2025年12月6日(土)

チャイナ・ウォッチャーの視点

2025年7月28日

 元日中青年交流協会理事長の鈴木英司氏の事例は、この類型のリスクを如実に示している。鈴木氏は2016年に拘束され、6年間服役した。彼が拘束された理由は、中国外交部の高官との会食中に交わした「中朝関係の責任者が殺された」という些細な会話が盗聴器によって傍受されたためだという。

 中国の重要人物との交流を持つことには別のリスクもある。その人物が政治闘争や汚職容疑で失脚した場合、関係者も取り調べを受けるためだ。習近平総書記の看板政策である「反汚職運動」は現在も継続しており、多くの官僚や企業人が失脚しているため、どのような形で巻き込まれるかは予測できない。

 官僚や企業家が“姿を消す”のは中国では珍しい話ではない。しばらくの間、公開の場に姿を現す期間がないと、当局に拘束され取り調べを受けたのではないかとの噂が流れる。その後、刑事手続きに移るケースもあれば、何事もなかったように復帰するケースもあるが、その際にも取り調べがあったことは秘密とされる。

 これは18年制定の国家監察法で定められた「留置」と呼ばれる制度で、対象は中国共産党、公務員、国有企業関係者に限定されているため日本人が対象となることはない。

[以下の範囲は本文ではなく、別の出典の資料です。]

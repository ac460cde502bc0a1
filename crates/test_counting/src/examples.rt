// The examples of document 01 on lengths, tables and refusals: a line each, the label, the answer,
// and what became of the page of cells.
use crate::page::{CELLS, Left, run};
use crate::tally::print_answer;
use notation::patterns::read_patterns;
use notation::schemes::read_scheme;
use test_support::print;
use word::limits::LENGTH;

// A set, and a scheme of it.
type Pair = (&'static [u8], &'static [u8]);

// {123}, and `{(ε,∅,∅),(1,∅,∅),(12,{⟨0,0,1⟩},{2}),(21,∅,{1})}`
const CATALAN: Pair = (
    b"{123}",
    b"{(\xCE\xB5,\xE2\x88\x85,\xE2\x88\x85),(1,\xE2\x88\x85,\xE2\x88\x85),(12,{\xE2\x9F\xA80,0,1\xE2\x9F\xA9},{2}),(21,\xE2\x88\x85,{1})}",
);
// the same, but 12 deletes position 1: `{(ε,∅,∅),(1,∅,∅),(12,{⟨0,0,1⟩},{1}),(21,∅,{1})}`
const IRREVERSIBLE: Pair = (
    b"{123}",
    b"{(\xCE\xB5,\xE2\x88\x85,\xE2\x88\x85),(1,\xE2\x88\x85,\xE2\x88\x85),(12,{\xE2\x9F\xA80,0,1\xE2\x9F\xA9},{1}),(21,\xE2\x88\x85,{1})}",
);
// {1423,1432}, and `{(ε,∅,∅),(1,∅,∅),(12,{⟨0,2,0⟩},{2}),(21,∅,{1})}`
const SCHROEDER: Pair = (
    b"{1423,1432}",
    b"{(\xCE\xB5,\xE2\x88\x85,\xE2\x88\x85),(1,\xE2\x88\x85,\xE2\x88\x85),(12,{\xE2\x9F\xA80,2,0\xE2\x9F\xA9},{2}),(21,\xE2\x88\x85,{1})}",
);
// no patterns, `∅`, and all permutations: `{(ε,∅,∅),(1,∅,{1})}`
pub const ALL: Pair = (
    b"\xE2\x88\x85",
    b"{(\xCE\xB5,\xE2\x88\x85,\xE2\x88\x85),(1,\xE2\x88\x85,{1})}",
);
// the same by sets of two: `{(ε,∅,∅),(1,∅,∅),(12,∅,{1,2}),(21,∅,{1,2})}`
const BY_TWO: Pair = (
    b"\xE2\x88\x85",
    b"{(\xCE\xB5,\xE2\x88\x85,\xE2\x88\x85),(1,\xE2\x88\x85,\xE2\x88\x85),(12,\xE2\x88\x85,{1,2}),(21,\xE2\x88\x85,{1,2})}",
);

// The lines of all examples, in the order of document 01.
pub fn lines() {
    lengths();
    tables();
    all_permutations();
    refused_scheme();
    sets();
}

// "n = 20 is counted, 21 refused 2" (01).
fn lengths() {
    line(b"catalan-number-20", CATALAN, LENGTH, CELLS);
    line(b"length-21", CATALAN, LENGTH + 1, CELLS);
}

// "A table of 74 cells serves the scheme below at n = 6; 73 is refused 12" (01). Of a longer table
// the cells behind are untouched.
fn tables() {
    line(b"exactly-74-cells", SCHROEDER, 6, 74);
    line(b"one-cell-too-few", SCHROEDER, 6, 73);
    line(b"more-cells-than-needed", SCHROEDER, 6, CELLS);
}

// 20! is the largest count; at the length 0 the entry for ε alone needs two cells.
fn all_permutations() {
    line(b"twenty-factorial", ALL, LENGTH, CELLS);
    line(b"length-0-with-two-cells", ALL, 0, 2);
    line(b"length-0-with-one-cell", ALL, 0, 1);
}

// "Counting judges its scheme itself" (01).
fn refused_scheme() {
    line(b"refused-scheme", IRREVERSIBLE, 6, CELLS);
}

// "The table then needs (1 + the largest set) times the sum in 01" (02, order 4): three times 17
// cells at n = 4, three times one cell at n = 0.
fn sets() {
    line(b"three-rows-of-17-cells", BY_TWO, 4, 51);
    line(b"three-rows-one-cell-too-few", BY_TWO, 4, 50);
    line(b"three-rows-at-length-20", BY_TWO, LENGTH, CELLS);
    line(b"three-rows-at-length-0", BY_TWO, 0, 3);
    line(b"three-rows-two-cells", BY_TWO, 0, 2);
}

// The line of one count with so many cells.
fn line(label: &[u8], (set, scheme): Pair, n: usize, cells: usize) {
    print::text(label);
    if let (Ok(patterns), Ok(scheme)) = (read_patterns(set), read_scheme(scheme)) {
        print::text(b" ");
        outcome(run(&patterns, &scheme, n, cells));
    }
    print::end();
}

// The answer, and what became of the page.
pub fn outcome(r: Left) {
    print_answer(r.answer);
    if r.kept {
        print::text(b" kept");
    } else {
        print::either(r.cleared, b" cleared", b" changed");
    }
}
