// A count with a table that is lent from a page of cells, and what the page holds afterwards.
use counting::by_table::count;
use forms::memory::{Patterns, Scheme};
use test_listing::cells::{OLD, holds};
use test_listing::need::need;
use test_support::parts::lent;
use word::refusal::Refused;

// the cells of the page
pub const CELLS: usize = 32768;

// The answer of a count, whether the page holds what it held before, and whether the cells that are
// needed hold 0 and all others what they held.
#[derive(Clone, Copy)]
pub struct Left {
    pub answer: Result<u64, Refused>,
    pub kept: bool,
    pub cleared: bool,
}

// A count that is lent the first cells of a page: so many, or all of them where there are fewer.
pub fn run(patterns: &Patterns, scheme: &Scheme, n: usize, cells: usize) -> Left {
    let mut page = [OLD; CELLS];
    let answer = count(*patterns, *scheme, n, lent(&mut page, cells));
    Left {
        answer,
        kept: holds(&page, 0),
        cleared: holds(&page, need(scheme, n)),
    }
}
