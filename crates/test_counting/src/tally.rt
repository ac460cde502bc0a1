// The line of a pair of texts: the counts for the lengths 0 to 10, whether listing finds the same
// to the length 8, whether it finds the counts of the plain evaluation to the length 7, and whether
// the table was cleared.
use crate::avoiders::avoiders;
use crate::page::{Left, run};
use counting::plainly::count_plainly;
use forms::memory::{Patterns, Scheme};
use notation::patterns::read_patterns;
use notation::schemes::read_scheme;
use test_listing::need::need;
use test_listing::permutations::LONGEST;
use test_support::print;
use word::refusal::Refused;

// the largest length that is counted
const LENGTH: usize = 10;
// the largest length that is evaluated plainly too
const PLAIN: usize = 7;

// What was found of all lengths so far: each count is the listed one, and so is each one of the
// plain evaluation; each table is as it is to be.
#[derive(Clone, Copy)]
struct Found {
    listed: bool,
    plain: bool,
    cleared: bool,
}

// Reads the texts and prints the line.
pub fn line(set: &[u8], text: &[u8]) {
    let (Ok(patterns), Ok(scheme)) = (read_patterns(set), read_scheme(text)) else {
        print::text(b"unread\n");
        return;
    };
    let mut found = Found {
        listed: true,
        plain: true,
        cleared: true,
    };
    for n in 0..=LENGTH {
        found.add(&patterns, &scheme, n);
    }
    found.print();
}

impl Found {
    // Prints the count for the length n, by a table of exactly the cells that are needed, behind a
    // space if it is not the first, and adds what is found of it.
    fn add(&mut self, patterns: &Patterns, scheme: &Scheme, n: usize) {
        let r = run(patterns, scheme, n, need(scheme, n));
        if 0 < n {
            print::text(b" ");
        }
        print_answer(r.answer);
        self.listed = self.listed && is_listed(r.answer, patterns, n);
        self.plain = self.plain && is_plain(patterns, scheme, n);
        self.cleared = self.cleared && is_in_order(r);
    }

    // Ends the line with what was found of all lengths.
    fn print(&self) {
        print::either(self.listed, b" listed", b" differs");
        print::either(self.plain, b" plain", b" plain-differs");
        print::either(self.cleared, b" cleared\n", b" not-cleared\n");
    }
}

// Prints the count, or the number and the index of the refusal.
pub fn print_answer(answer: Result<u64, Refused>) {
    match answer {
        Ok(c) => print::number(c),
        Err(refused) => print::refused(u8::from(refused.refusal), refused.index),
    }
}

// Whether a count is the number of permutations that the listing finds. Lengths above the listed
// ones are not compared, and a refusal, which the line shows, is no count.
fn is_listed(answer: Result<u64, Refused>, patterns: &Patterns, n: usize) -> bool {
    match answer {
        Ok(c) => LONGEST < n || c == avoiders(patterns, n),
        Err(_) => true,
    }
}

// Whether the plain evaluation gives the number of permutations that the listing finds. A refusal
// is no such number. Lengths above 7 are not evaluated.
fn is_plain(patterns: &Patterns, scheme: &Scheme, n: usize) -> bool {
    if PLAIN < n {
        return true;
    }
    match count_plainly(*patterns, *scheme, n) {
        Ok(c) => c == avoiders(patterns, n),
        Err(_) => false,
    }
}

// Whether the table is as it is to be: cleared after a count, kept after a refusal.
fn is_in_order(r: Left) -> bool {
    if r.answer.is_ok() { r.cleared } else { r.kept }
}
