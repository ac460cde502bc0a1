// The number of permutations that avoid a set, by listing all of them and trying every set of
// positions. It shares no code with the crates that count.
use forms::memory::Patterns;
use test_listing::permutations::{count, permutation};
use test_listing::sets::avoids;
use test_support::parts::prefix;

// How many permutations of length n, at most eight, contain none of the patterns.
pub fn avoiders(patterns: &Patterns, n: usize) -> u64 {
    let all = (0..count(n)).map(|i| permutation(n, i));
    all.filter(|w| avoids(patterns, prefix(w, n))).count() as u64
}
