// A test program: counts by pairs of lines, a set and a scheme, from standard input, and prints a
// line a pair. Its input holds the accepted schemes of the published papers; the counts that it is
// to print are theirs. Then come the examples of document 01 on lengths and tables, and sets of
// positions that no text gives.
#![tactic(auto)]

mod avoiders;
mod examples;
mod page;
mod sets;
mod tally;

use test_support::lines::{input, pairs_of};
use test_support::parts::prefix;

fn main() {
    let mut buffer = io::large_buffer();
    let n = input(&mut buffer);
    for (set, scheme) in pairs_of(prefix(&buffer, n)) {
        tally::line(set, scheme);
    }
    examples::lines();
    sets::lines();
}
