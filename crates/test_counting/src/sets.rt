// Schemes in memory with sets of positions that no text gives, counted and written: a line each,
// the label, the answer, what became of the page of cells, and what writing answers.
use crate::examples::{ALL, outcome};
use crate::page::{CELLS, run};
use forms::memory::{Positions, Rule, Scheme};
use notation::patterns::read_patterns;
use notation::schemes::{read_scheme, write_scheme};
use test_support::print;

// the bytes of a page to write on
const PAGE: usize = 64;

// The lines: numbers of positions of 0, 7 and 255, and single positions 0 and 255. 255 stands for
// every number beyond.
pub fn lines() {
    line(b"set-of-none", set(0, 1));
    line(b"set-of-seven", set(7, 1));
    line(b"set-of-255", set(255, 1));
    line(b"position-0", set(1, 0));
    line(b"position-255", set(1, 255));
}

// A set of so many positions, the first of them given, the others from 2 on.
fn set(count: u8, first: u8) -> Positions {
    Positions {
        positions: [first, 2, 3, 4, 5, 6],
        count,
    }
}

// The line of the scheme of all permutations with this set in its second entry.
fn line(label: &[u8], gone: Positions) {
    print::text(label);
    if let (Ok(patterns), Ok(mut scheme)) = (read_patterns(ALL.0), read_scheme(ALL.1)) {
        scheme.entries[1].rule = Rule::Delete(gone);
        print::text(b" ");
        outcome(run(&patterns, &scheme, 4, CELLS));
        print::text(b" written ");
        written(scheme);
    }
    print::end();
}

// What writing the scheme answers.
fn written(s: Scheme) {
    let mut page = [0u8; PAGE];
    match write_scheme(s, &mut page) {
        Ok(n) => print::number(n as u64),
        Err(refused) => print::refused(u8::from(refused.refusal), refused.index),
    }
}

逆に言うと外国人を対象に捜査が行われた場合には、有罪になることがほぼ確定しているとも言える。知人が“姿を消した”時は黄信号だと考えるべきなのだろう。

 中国通の人々にはこうしたリスクはかなり知られているようだ。ある人物からは「本帰国が危ない」と聞いた。長年駐在した後、日本に帰る時に拘束されることが多いというのだ。その人物は危険を感じたため、周囲には一時帰国であると説明して帰国するという安全策を採ったという。

日本インテリジェンスとの関係

 公安調査庁など日本政府のインテリジェンス機関は中国に駐在した日本人を対象に幅広くヒアリングを行っている。これがスパイとして認定されることも。

 報道によると、今回の日本人男性は判決で「情報機関の依頼を受けて、中国の政治や経済などに関する情報を提供し、報酬を得ていた」と認定されたもようだ。

 24年11月末には、中国共産党系主要紙である光明日報論説部副主任の董郁玉氏が、日本のスパイとして懲役7年の判決を言い渡された。董氏は日本の外交官との会食時に拘束されたが、判決では日本大使館および外務省が「スパイ組織」と認定されていたという。これは、日本の公的機関が中国当局によって「スパイ組織」と見なされ、その関係者が容易にスパイ罪の対象となる可能性を示唆している。

 公安調査庁や内閣情報調査室などのインテリジェンス機関が、中国駐在者などへのヒアリングを幅広く行っているのはよく知られている。ただし、その多くは意見聴取とみられる。報酬を支払ってなんらかの情報入手を依頼するというケースがどれほど存在するのかはまったくわからない。

 インテリジェンス機関の接触を受けるのは前述の中国通や中国を専門とする研究者などが中心と考えられるが、こうした人々の多くはスパイ罪に抵触しないよう警戒しており、金銭を受け取ることへの警戒感も強い。高い地位のある人物が報酬を受け取るのはリスクと釣り合わない。